**Listed entries**
---*---
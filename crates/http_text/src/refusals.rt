// The JSON bodies of refusals.
ghost use Rattle.std.specs.Prelude.{◌≡◌, ◌≤◌, length, Err};
ghost use Rattle.moments.specs.Time.{end_of_time};
ghost use Rattle.office_types.specs.Fits.{RefusalFits};
ghost use Rattle.office_types.specs.declared.refusal.Refusal.TheVariants.{MonthNotOver, EarlierMonthOpen};
ghost use Rattle.office_types.specs.declared.refusal.Refusal.TheVariants.{DueActions, Full, ClockEnd, TokenReused};
ghost use Rattle.http_text.specs.Names.{what_name};
ghost use Rattle.http_text.specs.Refusals.{error_text};
ghost use Rattle.http_text.specs.Replies.{body_text};
ghost use Rattle.http_text.specs.Room.{Puts};

use crate::chosen::put_target;
use crate::members::{put_moment, put_month, put_text, put_whole};
use crate::room::{put, put_quoted};
use due_core::Target;
use moments::Month;
use office_base::{BucketName, Key};
use office_types::{Refusal, What};

/// Writes the body of a refusal that has only its name and its number.
#[tactic(auto, using(crate::proofs::Small::error_small))]
pub fn put_error(room: &mut [u8], at: usize, name: &str, number: u64) -> usize
    ensures puts { Puts room.old at room.new result (error_text name.now number) }
    ensures small { length name.now ≤ 100 → length (error_text name.now number) ≤ 16_000 }
{
    let at = put_text(room, at, b"{\"error\":", name);
    let at = put_whole(room, at, b",\"number\":", number);
    put(room, at, b"}")
}

#[tactic(auto, using(crate::proofs::Small::not_over_small))]
fn put_not_over(room: &mut [u8], at: usize, end: u64) -> usize
    requires { end ≤ end_of_time }
    ensures puts { Puts room.old at room.new result (body_text (Err (MonthNotOver end))) }
    ensures small { length (body_text (Err (MonthNotOver end))) ≤ 16_000 }
{
    let at = put_moment(room, at, b"{\"end\":", end);
    let at = put_whole(room, at, b",\"error\":\"MonthNotOver\",\"number\":", 84);
    put(room, at, b"}")
}

#[tactic(auto, using(crate::proofs::Small::earlier_small))]
fn put_earlier(room: &mut [u8], at: usize, month: Month) -> usize
    ensures puts { Puts room.old at room.new result (body_text (Err (EarlierMonthOpen month))) }
    ensures small { length (body_text (Err (EarlierMonthOpen month))) ≤ 16_000 }
{
    let at = put_month(
        room,
        at,
        b"{\"error\":\"EarlierMonthOpen\",\"month\":",
        month,
    );
    let at = put_whole(room, at, b",\"number\":", 87);
    put(room, at, b"}")
}

#[tactic(auto, using(crate::proofs::Small::due_small))]
fn put_due(room: &mut [u8], at: usize, bucket: &BucketName, key: &Key, target: Target) -> usize
    ensures puts { Puts room.old at room.new result (body_text (Err (DueActions bucket.now key.now target))) }
    ensures small { length (body_text (Err (DueActions bucket.now key.now target))) ≤ 16_000 }
{
    let at = put_text(room, at, b"{\"bucket\":", bucket.text());
    let at = put(room, at, b",\"error\":\"DueActions\",\"key\":");
    let at = put_quoted(room, at, key.bytes());
    let at = put_whole(room, at, b",\"number\":", 85);
    let at = put_target(room, at, target);
    put(room, at, b"}")
}

fn name_of(what: What) -> &'static str
    ensures { result.now ≡ what_name what }
{
    match what {
        What::Buckets => "Buckets",
        What::Versions => "Versions",
        What::Uploads => "Uploads",
        What::Parts => "Parts",
        What::Names => "Names",
        What::Rules => "Rules",
        What::Tariffs => "Tariffs",
    }
}

#[tactic(auto, using(crate::proofs::Small::full_small))]
fn put_full(room: &mut [u8], at: usize, what: What, limit: u64) -> usize
    ensures puts { Puts room.old at room.new result (body_text (Err (Full what limit))) }
    ensures small { length (body_text (Err (Full what limit))) ≤ 16_000 }
{
    let at = put_whole(room, at, b"{\"error\":\"Full\",\"limit\":", limit);
    let at = put_whole(room, at, b",\"number\":", 90);
    let at = put_text(room, at, b",\"what\":", name_of(what));
    put(room, at, b"}")
}

#[tactic(auto, using(crate::proofs::Small::end_small))]
fn put_end(room: &mut [u8], at: usize, moment: u64) -> usize
    ensures puts { Puts room.old at room.new result (body_text (Err (ClockEnd moment))) }
    ensures small { length (body_text (Err (ClockEnd moment))) ≤ 16_000 }
{
    let at = put_whole(room, at, b"{\"error\":\"ClockEnd\",\"moment\":", moment);
    let at = put_whole(room, at, b",\"number\":", 91);
    put(room, at, b"}")
}

#[tactic(auto, using(crate::proofs::Small::reused_small))]
fn put_reused(room: &mut [u8], at: usize, kind: u8) -> usize
    ensures puts { Puts room.old at room.new result (body_text (Err (TokenReused kind))) }
    ensures small { length (body_text (Err (TokenReused kind))) ≤ 16_000 }
{
    let at = put_whole(
        room,
        at,
        b"{\"error\":\"TokenReused\",\"kind\":",
        u64::from(kind),
    );
    let at = put_whole(room, at, b",\"number\":", 92);
    put(room, at, b"}")
}

/// Writes the body of a refusal.
#[tactic(auto, using(crate::proofs::Texts::refusal_texts))]
pub(crate) fn put_refusal(room: &mut [u8], at: usize, refusal: &Refusal) -> usize
    requires { RefusalFits refusal.now }
    ensures puts { Puts room.old at room.new result (body_text (Err refusal.now)) }
    ensures small { length (body_text (Err refusal.now)) ≤ 16_000 }
{
    match refusal {
        Refusal::BucketExists => put_error(room, at, "BucketExists", 80),
        Refusal::NoSuchBucket => put_error(room, at, "NoSuchBucket", 81),
        Refusal::NoRules => put_error(room, at, "NoRules", 82),
        Refusal::NotEnabledBefore => put_error(room, at, "NotEnabledBefore", 83),
        Refusal::NoSuchKey => put_error(room, at, "NoSuchKey", 50),
        Refusal::NoSuchVersion => put_error(room, at, "NoSuchVersion", 51),
        Refusal::IsMarker => put_error(room, at, "IsMarker", 52),
        Refusal::NoSuchUpload => put_error(room, at, "NoSuchUpload", 60),
        Refusal::BadPart => put_error(room, at, "BadPart", 61),
        Refusal::NoParts => put_error(room, at, "NoParts", 62),
        Refusal::MonthNotOver { end } => put_not_over(room, at, *end),
        Refusal::AlreadyClosed => put_error(room, at, "AlreadyClosed", 86),
        Refusal::EarlierMonthOpen { month } => put_earlier(room, at, *month),
        Refusal::NoTariff => put_error(room, at, "NoTariff", 88),
        Refusal::DueActions {
            bucket,
            key,
            target,
        } => put_due(room, at, bucket, key, *target),
        Refusal::Full { what, limit } => put_full(room, at, *what, *limit),
        Refusal::ClockEnd { moment } => put_end(room, at, *moment),
        Refusal::TokenReused { kind } => put_reused(room, at, *kind),
        Refusal::NoMemory => put_error(room, at, "NoMemory", 115),
    }
}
---*---
**Task instructions**
Say how many of the lines above include the string "Writes", and give no other words.

**Task solution**
2